Produce word for word the lines of the data below running from the one that has "filename crates/build/src/about.rt" to the one that has "use super::slots;", inclusive, and no others.
◆ ◆ ◆
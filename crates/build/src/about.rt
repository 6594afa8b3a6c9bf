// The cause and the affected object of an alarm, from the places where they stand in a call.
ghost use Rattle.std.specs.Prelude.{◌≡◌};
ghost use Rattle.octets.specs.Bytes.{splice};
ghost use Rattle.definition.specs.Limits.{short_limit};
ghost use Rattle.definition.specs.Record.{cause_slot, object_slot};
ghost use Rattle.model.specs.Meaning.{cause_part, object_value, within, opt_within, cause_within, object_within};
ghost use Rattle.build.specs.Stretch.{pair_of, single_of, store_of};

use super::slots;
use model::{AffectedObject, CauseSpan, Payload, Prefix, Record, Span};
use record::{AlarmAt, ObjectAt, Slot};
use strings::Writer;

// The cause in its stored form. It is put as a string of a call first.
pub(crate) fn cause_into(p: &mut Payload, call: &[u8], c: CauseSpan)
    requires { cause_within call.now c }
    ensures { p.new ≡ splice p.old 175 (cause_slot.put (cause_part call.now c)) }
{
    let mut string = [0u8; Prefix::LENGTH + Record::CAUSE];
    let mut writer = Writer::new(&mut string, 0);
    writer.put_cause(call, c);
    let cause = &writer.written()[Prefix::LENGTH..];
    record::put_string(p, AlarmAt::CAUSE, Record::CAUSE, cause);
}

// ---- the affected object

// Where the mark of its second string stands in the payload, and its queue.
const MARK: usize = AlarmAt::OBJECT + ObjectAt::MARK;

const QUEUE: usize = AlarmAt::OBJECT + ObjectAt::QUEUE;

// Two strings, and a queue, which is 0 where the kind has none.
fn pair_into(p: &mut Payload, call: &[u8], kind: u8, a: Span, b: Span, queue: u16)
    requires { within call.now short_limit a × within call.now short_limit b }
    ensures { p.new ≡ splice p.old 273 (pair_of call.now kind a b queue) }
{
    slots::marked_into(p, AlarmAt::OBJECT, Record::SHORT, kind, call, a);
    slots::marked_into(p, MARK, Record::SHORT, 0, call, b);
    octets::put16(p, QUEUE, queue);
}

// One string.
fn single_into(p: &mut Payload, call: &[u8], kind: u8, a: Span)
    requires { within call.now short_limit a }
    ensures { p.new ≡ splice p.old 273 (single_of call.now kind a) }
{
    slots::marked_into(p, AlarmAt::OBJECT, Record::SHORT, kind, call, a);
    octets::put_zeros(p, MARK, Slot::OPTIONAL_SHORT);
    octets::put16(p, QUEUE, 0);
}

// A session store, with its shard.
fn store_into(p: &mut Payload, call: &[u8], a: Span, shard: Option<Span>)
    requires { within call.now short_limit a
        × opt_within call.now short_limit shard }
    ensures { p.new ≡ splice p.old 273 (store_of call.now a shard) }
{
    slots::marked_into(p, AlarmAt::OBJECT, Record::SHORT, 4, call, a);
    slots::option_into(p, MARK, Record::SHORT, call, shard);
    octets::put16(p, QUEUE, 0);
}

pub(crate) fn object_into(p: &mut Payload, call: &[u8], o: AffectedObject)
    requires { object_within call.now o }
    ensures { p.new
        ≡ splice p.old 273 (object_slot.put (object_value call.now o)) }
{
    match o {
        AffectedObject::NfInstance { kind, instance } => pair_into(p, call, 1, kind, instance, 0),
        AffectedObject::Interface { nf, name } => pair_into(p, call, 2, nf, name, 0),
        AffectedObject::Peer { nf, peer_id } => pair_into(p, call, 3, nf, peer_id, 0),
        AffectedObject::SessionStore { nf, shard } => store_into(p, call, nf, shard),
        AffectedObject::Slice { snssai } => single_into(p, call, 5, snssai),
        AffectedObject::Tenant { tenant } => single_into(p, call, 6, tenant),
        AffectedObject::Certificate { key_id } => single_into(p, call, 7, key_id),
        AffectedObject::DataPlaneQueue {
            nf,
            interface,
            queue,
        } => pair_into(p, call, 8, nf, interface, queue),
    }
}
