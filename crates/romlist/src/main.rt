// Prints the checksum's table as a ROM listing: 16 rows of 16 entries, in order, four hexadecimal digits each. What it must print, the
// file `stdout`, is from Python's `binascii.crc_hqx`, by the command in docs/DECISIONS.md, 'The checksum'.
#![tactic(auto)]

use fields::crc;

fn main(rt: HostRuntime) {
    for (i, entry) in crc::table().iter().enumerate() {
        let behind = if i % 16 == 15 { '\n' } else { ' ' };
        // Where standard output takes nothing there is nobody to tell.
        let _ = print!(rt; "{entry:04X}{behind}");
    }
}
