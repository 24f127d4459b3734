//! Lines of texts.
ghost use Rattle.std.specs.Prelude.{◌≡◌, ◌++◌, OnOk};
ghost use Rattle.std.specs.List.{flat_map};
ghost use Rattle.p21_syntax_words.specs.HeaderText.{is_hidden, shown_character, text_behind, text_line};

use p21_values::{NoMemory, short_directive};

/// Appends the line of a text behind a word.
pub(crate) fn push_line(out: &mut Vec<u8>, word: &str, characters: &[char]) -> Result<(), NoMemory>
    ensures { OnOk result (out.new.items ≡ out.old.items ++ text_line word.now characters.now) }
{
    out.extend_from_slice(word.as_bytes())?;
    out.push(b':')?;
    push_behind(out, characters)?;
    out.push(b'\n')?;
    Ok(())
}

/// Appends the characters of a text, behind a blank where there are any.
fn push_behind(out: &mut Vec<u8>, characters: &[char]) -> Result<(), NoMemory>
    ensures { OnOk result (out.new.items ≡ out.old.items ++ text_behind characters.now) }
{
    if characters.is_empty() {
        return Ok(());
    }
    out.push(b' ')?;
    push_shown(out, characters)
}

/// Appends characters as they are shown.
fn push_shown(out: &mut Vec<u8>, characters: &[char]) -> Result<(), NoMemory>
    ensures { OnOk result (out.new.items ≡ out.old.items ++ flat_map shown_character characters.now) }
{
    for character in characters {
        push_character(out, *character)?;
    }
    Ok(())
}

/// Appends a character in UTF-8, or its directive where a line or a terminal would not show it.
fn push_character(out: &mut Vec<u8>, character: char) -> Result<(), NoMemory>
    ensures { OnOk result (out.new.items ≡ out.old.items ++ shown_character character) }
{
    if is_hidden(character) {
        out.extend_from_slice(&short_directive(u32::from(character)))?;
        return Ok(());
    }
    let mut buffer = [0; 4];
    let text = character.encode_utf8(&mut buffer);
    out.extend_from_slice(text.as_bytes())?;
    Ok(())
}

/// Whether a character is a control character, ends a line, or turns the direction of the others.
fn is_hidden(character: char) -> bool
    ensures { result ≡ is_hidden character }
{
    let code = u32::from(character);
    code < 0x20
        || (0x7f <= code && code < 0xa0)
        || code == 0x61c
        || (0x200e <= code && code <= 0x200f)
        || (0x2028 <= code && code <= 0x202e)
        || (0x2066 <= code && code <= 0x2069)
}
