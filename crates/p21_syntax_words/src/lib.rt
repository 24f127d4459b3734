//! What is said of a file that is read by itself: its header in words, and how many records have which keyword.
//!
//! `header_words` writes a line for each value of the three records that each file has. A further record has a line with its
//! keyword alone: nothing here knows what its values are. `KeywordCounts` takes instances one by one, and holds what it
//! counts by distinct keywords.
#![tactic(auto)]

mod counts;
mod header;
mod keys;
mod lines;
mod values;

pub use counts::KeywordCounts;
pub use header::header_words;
◆ ◆ ◆
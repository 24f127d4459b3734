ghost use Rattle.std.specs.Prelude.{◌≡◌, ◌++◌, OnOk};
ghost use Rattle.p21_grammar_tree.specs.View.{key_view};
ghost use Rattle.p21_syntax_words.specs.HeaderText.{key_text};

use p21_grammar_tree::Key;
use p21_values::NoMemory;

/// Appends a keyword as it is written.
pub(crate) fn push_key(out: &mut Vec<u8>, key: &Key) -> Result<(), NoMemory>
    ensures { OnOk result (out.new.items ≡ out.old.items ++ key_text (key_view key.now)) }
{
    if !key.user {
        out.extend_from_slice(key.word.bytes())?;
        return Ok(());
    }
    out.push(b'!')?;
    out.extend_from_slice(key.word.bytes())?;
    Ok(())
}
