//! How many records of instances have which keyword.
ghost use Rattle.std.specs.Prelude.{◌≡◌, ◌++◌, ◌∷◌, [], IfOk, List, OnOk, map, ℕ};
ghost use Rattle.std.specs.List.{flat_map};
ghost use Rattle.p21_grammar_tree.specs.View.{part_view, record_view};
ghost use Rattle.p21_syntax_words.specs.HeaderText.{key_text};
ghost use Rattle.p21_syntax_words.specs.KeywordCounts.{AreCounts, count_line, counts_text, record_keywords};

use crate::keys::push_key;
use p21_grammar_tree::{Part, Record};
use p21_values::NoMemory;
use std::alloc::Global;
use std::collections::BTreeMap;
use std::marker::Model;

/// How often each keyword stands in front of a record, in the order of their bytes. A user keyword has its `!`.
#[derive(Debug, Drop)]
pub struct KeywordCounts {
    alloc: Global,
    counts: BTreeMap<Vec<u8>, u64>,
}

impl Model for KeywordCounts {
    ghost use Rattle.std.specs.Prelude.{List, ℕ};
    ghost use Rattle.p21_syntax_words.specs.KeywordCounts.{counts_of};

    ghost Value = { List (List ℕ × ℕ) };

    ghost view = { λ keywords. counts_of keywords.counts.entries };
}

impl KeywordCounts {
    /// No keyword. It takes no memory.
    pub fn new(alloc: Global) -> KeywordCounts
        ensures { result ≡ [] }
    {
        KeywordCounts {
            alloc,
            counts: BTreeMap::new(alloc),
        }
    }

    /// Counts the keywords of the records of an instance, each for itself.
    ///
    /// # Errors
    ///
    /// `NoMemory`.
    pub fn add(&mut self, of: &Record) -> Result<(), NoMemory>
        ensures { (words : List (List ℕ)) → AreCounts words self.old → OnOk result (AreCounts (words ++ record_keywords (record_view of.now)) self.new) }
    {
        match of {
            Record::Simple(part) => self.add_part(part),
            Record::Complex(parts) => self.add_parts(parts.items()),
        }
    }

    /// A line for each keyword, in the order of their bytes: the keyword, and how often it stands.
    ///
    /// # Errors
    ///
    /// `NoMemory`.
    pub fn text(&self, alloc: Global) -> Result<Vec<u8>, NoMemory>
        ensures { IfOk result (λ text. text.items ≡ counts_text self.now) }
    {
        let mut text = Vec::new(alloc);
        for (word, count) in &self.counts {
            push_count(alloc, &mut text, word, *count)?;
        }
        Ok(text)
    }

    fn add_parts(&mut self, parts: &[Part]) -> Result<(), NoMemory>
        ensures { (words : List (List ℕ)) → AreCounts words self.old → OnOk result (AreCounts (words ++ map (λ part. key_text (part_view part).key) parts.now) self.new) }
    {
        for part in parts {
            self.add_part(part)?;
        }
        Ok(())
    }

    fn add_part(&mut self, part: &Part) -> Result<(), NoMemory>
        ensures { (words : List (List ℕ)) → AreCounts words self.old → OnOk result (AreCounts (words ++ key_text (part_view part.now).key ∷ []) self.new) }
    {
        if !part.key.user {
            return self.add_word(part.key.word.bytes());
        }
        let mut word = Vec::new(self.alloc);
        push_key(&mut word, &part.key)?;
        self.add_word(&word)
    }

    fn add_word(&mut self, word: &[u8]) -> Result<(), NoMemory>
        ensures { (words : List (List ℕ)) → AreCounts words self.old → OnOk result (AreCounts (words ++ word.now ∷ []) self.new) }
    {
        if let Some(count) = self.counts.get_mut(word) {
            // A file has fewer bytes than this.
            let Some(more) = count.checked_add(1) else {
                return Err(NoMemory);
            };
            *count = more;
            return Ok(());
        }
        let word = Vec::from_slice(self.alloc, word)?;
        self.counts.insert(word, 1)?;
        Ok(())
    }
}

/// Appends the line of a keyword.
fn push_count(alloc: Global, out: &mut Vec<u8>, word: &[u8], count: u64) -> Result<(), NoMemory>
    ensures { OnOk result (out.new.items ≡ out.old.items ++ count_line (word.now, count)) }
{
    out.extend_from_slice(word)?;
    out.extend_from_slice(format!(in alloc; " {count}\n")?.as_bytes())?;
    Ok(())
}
◆ ◆ ◆
Written response
filename crates/build/src/about.rt
repository 6594afa8b3a6c9bf
// The cause and the affected object of an alarm, from the places where they stand in a call.
ghost use Rattle.std.specs.Prelude.{◌≡◌};
ghost use Rattle.octets.specs.Bytes.{splice};
ghost use Rattle.definition.specs.Limits.{short_limit};
ghost use Rattle.definition.specs.Record.{cause_slot, object_slot};
ghost use Rattle.model.specs.Meaning.{cause_part, object_value, within, opt_within, cause_within, object_within};
ghost use Rattle.build.specs.Stretch.{pair_of, single_of, store_of};

use super::slots;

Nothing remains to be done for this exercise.